Search the entries below for the string "Runs" and copy the lines that hold it.
==============================
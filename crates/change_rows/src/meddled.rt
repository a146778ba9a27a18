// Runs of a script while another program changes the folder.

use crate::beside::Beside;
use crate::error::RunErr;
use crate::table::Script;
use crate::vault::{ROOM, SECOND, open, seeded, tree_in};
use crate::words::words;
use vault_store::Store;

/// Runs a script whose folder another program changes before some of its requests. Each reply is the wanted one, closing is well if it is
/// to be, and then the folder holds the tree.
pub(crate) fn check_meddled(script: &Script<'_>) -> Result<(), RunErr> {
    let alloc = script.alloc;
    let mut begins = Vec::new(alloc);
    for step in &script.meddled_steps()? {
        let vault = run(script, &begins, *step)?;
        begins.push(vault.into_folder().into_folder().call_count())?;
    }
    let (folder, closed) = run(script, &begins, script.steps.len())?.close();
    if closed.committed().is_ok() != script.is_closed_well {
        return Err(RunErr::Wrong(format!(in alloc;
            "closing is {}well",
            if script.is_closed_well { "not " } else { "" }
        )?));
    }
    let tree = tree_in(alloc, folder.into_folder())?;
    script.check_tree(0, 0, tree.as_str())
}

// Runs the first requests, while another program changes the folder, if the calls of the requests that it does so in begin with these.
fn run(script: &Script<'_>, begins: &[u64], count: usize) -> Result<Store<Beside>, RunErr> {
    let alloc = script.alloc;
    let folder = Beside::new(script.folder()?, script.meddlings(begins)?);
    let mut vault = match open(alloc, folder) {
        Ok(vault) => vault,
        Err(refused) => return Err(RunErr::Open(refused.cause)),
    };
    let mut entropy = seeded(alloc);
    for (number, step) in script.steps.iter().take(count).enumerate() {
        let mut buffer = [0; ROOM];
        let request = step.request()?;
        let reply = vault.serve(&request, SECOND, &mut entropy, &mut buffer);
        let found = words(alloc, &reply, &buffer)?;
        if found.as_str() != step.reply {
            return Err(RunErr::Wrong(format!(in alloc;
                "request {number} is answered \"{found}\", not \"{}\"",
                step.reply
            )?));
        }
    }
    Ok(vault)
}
==============================
> Solution to the exercise:
// Runs of a script while another program changes the folder.
/// Runs a script whose folder another program changes before some of its requests. Each reply is the wanted one, closing is well if it is
// Runs the first requests, while another program changes the folder, if the calls of the requests that it does so in begin with these.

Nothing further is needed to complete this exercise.